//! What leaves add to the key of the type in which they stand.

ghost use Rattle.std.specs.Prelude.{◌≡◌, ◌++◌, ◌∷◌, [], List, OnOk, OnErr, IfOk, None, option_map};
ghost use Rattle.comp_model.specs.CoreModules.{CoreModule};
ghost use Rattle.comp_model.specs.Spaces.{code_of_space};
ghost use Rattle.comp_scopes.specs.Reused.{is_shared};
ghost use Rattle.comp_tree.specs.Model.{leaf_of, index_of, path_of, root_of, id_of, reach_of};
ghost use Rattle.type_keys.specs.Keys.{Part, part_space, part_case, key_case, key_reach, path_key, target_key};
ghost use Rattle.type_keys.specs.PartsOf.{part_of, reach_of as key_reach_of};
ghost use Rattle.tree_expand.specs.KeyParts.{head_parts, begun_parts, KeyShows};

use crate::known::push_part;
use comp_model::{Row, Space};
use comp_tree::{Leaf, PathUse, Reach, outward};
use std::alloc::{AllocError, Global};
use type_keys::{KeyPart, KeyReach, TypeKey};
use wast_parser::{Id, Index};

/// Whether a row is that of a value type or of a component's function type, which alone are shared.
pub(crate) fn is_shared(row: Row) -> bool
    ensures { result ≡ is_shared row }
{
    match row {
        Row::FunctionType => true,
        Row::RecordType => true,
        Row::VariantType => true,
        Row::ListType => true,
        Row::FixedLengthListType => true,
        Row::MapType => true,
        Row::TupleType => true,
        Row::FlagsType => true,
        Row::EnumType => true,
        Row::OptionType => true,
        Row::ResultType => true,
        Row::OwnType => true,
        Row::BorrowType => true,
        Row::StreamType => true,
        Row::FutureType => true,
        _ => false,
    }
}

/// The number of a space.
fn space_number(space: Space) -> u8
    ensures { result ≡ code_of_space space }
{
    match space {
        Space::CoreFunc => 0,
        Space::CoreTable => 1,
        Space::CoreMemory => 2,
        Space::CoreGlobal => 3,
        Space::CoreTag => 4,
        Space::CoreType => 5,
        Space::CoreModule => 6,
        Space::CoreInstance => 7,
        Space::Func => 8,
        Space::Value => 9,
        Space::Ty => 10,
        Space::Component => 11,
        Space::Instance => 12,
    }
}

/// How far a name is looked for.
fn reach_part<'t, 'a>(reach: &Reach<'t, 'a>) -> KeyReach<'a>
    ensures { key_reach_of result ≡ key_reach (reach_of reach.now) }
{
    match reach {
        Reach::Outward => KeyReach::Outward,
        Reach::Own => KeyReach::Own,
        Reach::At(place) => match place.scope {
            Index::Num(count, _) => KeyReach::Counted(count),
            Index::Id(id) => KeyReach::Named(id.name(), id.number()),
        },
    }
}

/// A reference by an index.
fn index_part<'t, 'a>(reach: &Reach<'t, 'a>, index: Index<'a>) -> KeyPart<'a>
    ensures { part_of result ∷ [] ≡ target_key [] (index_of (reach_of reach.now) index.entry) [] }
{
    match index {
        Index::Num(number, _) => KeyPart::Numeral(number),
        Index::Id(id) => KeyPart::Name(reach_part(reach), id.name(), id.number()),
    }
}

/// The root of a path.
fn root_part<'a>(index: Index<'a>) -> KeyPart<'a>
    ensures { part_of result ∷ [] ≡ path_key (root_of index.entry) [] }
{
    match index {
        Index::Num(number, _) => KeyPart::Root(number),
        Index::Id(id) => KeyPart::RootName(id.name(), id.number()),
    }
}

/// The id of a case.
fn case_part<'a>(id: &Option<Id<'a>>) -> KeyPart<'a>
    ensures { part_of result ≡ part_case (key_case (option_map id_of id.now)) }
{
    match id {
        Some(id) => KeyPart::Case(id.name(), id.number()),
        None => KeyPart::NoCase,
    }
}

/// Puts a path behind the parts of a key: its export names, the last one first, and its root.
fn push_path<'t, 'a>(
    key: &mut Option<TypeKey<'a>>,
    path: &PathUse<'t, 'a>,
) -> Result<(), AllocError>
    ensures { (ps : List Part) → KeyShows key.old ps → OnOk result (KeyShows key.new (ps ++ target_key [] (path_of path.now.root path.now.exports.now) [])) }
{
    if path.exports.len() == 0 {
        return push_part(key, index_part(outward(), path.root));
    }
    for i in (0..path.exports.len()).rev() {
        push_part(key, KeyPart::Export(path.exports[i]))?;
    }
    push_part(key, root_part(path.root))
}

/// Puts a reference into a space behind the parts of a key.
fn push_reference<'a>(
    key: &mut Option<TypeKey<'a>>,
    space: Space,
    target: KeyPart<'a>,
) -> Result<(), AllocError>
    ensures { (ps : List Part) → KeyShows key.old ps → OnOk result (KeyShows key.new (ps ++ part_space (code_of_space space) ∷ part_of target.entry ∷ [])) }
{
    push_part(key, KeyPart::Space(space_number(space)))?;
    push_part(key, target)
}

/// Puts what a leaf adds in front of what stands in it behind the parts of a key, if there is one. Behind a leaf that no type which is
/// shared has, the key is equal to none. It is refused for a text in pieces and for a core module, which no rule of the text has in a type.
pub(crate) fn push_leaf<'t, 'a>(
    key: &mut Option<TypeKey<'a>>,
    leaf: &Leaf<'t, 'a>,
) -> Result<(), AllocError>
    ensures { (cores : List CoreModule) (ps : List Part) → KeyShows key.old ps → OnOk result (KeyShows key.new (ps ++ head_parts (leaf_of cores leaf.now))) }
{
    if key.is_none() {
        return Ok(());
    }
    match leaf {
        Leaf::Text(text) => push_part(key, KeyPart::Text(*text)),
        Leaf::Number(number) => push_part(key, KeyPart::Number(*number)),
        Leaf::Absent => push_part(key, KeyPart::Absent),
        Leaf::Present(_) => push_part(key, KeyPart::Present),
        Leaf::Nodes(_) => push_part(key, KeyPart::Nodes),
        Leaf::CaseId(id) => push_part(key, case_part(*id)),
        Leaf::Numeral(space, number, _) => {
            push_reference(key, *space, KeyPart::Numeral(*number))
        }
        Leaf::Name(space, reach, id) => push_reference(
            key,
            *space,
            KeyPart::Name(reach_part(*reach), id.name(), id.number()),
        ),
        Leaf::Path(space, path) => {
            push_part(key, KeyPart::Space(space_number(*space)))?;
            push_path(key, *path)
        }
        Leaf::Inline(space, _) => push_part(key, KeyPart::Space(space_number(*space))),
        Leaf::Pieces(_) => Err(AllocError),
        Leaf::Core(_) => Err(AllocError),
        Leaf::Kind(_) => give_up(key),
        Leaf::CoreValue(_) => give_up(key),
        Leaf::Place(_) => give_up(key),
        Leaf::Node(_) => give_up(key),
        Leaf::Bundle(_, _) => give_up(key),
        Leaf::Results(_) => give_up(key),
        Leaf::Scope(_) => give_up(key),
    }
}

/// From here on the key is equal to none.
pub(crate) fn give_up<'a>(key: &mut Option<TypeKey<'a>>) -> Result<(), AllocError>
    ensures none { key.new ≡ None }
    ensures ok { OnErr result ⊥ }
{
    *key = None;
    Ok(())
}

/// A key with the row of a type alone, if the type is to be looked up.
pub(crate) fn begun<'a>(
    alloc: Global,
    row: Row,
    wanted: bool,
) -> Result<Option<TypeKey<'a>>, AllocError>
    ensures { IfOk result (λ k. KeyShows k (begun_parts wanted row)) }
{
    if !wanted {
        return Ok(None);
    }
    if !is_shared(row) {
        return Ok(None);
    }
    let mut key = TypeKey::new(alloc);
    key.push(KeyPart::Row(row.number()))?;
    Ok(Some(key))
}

## Instructions to follow
Could you filter the material above and copy each line that holds the word "behind"?

## Result for this exercise
/// Puts a path behind the parts of a key: its export names, the last one first, and its root.
/// Puts a reference into a space behind the parts of a key.
/// Puts what a leaf adds in front of what stands in it behind the parts of a key, if there is one. Behind a leaf that no type which is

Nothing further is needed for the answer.